__EXERCISE BRIEF__
Count every line of these entries that holds the word "past", and reply with the number only.

Items from a dataset
//! The calls over whole texts.

ghost use Rattle.std.specs.Prelude.{◌≡◌, length};
ghost use Rattle.tfpg_diagnose.specs.texts.Checks.{checked_texts};
ghost use Rattle.tfpg_answers.specs.texts.ExplainedTexts.{explained_texts};
ghost use Rattle.tfpg_answers.specs.texts.PredictedTexts.{predicted_texts};
ghost use Rattle.tfpg_embed.specs.TextCalls.{AnswersAsk, AnswersCheck, AnswersExplain, AnswersPredict, AnswersReport, prediction_for, terms_of};

use crate::answer::{
    TfpgAnswer, of_ask_fault, of_check_fault, of_explain_fault, of_predict_fault, of_report_fault,
    with_count,
};
use crate::room::put_text;
use crate::status::DONE;
use std::alloc::Global;
use tfpg_answers::{ForecastRequest, ask_texts, explain_texts, predict_texts};
use tfpg_base::Terms;
use tfpg_diagnose::{check_texts, diagnose_texts};

/// The terms of a prediction: those of its diagnosis, and how many milliseconds past the last event it looks.
#[repr(C)]
#[derive(Clone, Copy, PartialEq, Eq)]
pub struct TfpgPredictionTerms {
    /// How many members a hypothesis has at most.
    pub k: u32,
    /// How many of them are monitors at most.
    pub doubt: u32,
    /// How many splits a hypothesis has at most in a round, and a search for a forecast.
    pub budget: u64,
    /// How many milliseconds past the last event.
    pub ahead: u64,
}

/// Writes the report of the lines of the log, for the graph that the text spells, on these terms, to the front of the room. The answer has
/// the number of its bytes, also if the room is too small, and then nothing is written.
#[unsafe(no_mangle)]
pub extern "C" fn tfpg_report(
    alloc: Global,
    graph: &[u8],
    log: &[u8],
    k: u32,
    doubt: u32,
    budget: u64,
    room: &mut [u8],
) -> TfpgAnswer
    ensures { AnswersReport graph.now (terms_of k doubt budget) log.now room.old room.new result }
{
    let terms = Terms { k, doubt, budget };
    match diagnose_texts(alloc, graph, log, terms) {
        Ok(report) => put_text(&report, room),
        Err(fault) => of_report_fault(fault),
    }
}

/// Judges the report by the graph that the text spells and the lines of the log. The answer has the number of its rounds, or the line and
/// the cause for which it is not accepted.
#[unsafe(no_mangle)]
pub extern "C" fn tfpg_check(alloc: Global, graph: &[u8], log: &[u8], report: &[u8]) -> TfpgAnswer
    ensures { AnswersCheck (checked_texts graph.now log.now report.now) result }
{
    match check_texts(alloc, graph, log, report) {
        Ok(rounds) => with_count(DONE, u64::from(rounds)),
        Err(fault) => of_check_fault(fault),
    }
}

/// Writes which questions would tell most after the lines of the log to the front of the room, as [`tfpg_report`] writes its report.
#[unsafe(no_mangle)]
pub extern "C" fn tfpg_ask(
    alloc: Global,
    graph: &[u8],
    log: &[u8],
    k: u32,
    doubt: u32,
    budget: u64,
    room: &mut [u8],
) -> TfpgAnswer
    ensures { AnswersAsk graph.now (terms_of k doubt budget) log.now room.old room.new result }
{
    let terms = Terms { k, doubt, budget };
    match ask_texts(alloc, graph, log, terms) {
        Ok(questions) => put_text(&questions, room),
        Err(fault) => of_ask_fault(fault),
    }
}

/// Writes when the node of this name becomes active at the earliest, by each ranked hypothesis after the lines of the log, to the front of
/// the room, as [`tfpg_report`] writes its report.
#[unsafe(no_mangle)]
pub extern "C" fn tfpg_predict(
    alloc: Global,
    graph: &[u8],
    log: &[u8],
    node: &[u8],
    terms: &TfpgPredictionTerms,
    room: &mut [u8],
) -> TfpgAnswer
    ensures { AnswersPredict (predicted_texts graph.now log.now (prediction_for terms.now node.now)) room.old room.new result }
{
    let asked = ForecastRequest {
        terms: Terms {
            k: terms.k,
            doubt: terms.doubt,
            budget: terms.budget,
        },
        ahead: terms.ahead,
        node,
    };
    match predict_texts(alloc, graph, log, &asked) {
        Ok(forecasts) => put_text(&forecasts, room),
        Err(fault) => of_predict_fault(fault),
    }
}

/// Writes whether the map explains the lines of the log, and else its first fault, to the front of the room, as [`tfpg_report`] writes its
/// report.
#[unsafe(no_mangle)]
pub extern "C" fn tfpg_explain(
    alloc: Global,
    graph: &[u8],
    log: &[u8],
    map: &[u8],
    room: &mut [u8],
) -> TfpgAnswer
    ensures { AnswersExplain (explained_texts graph.now log.now map.now) room.old room.new result }
{
    match explain_texts(alloc, graph, log, map) {
        Ok(verdict) => put_text(&verdict, room),
        Err(fault) => of_explain_fault(fault),
    }
}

__FINISHED TASK__
2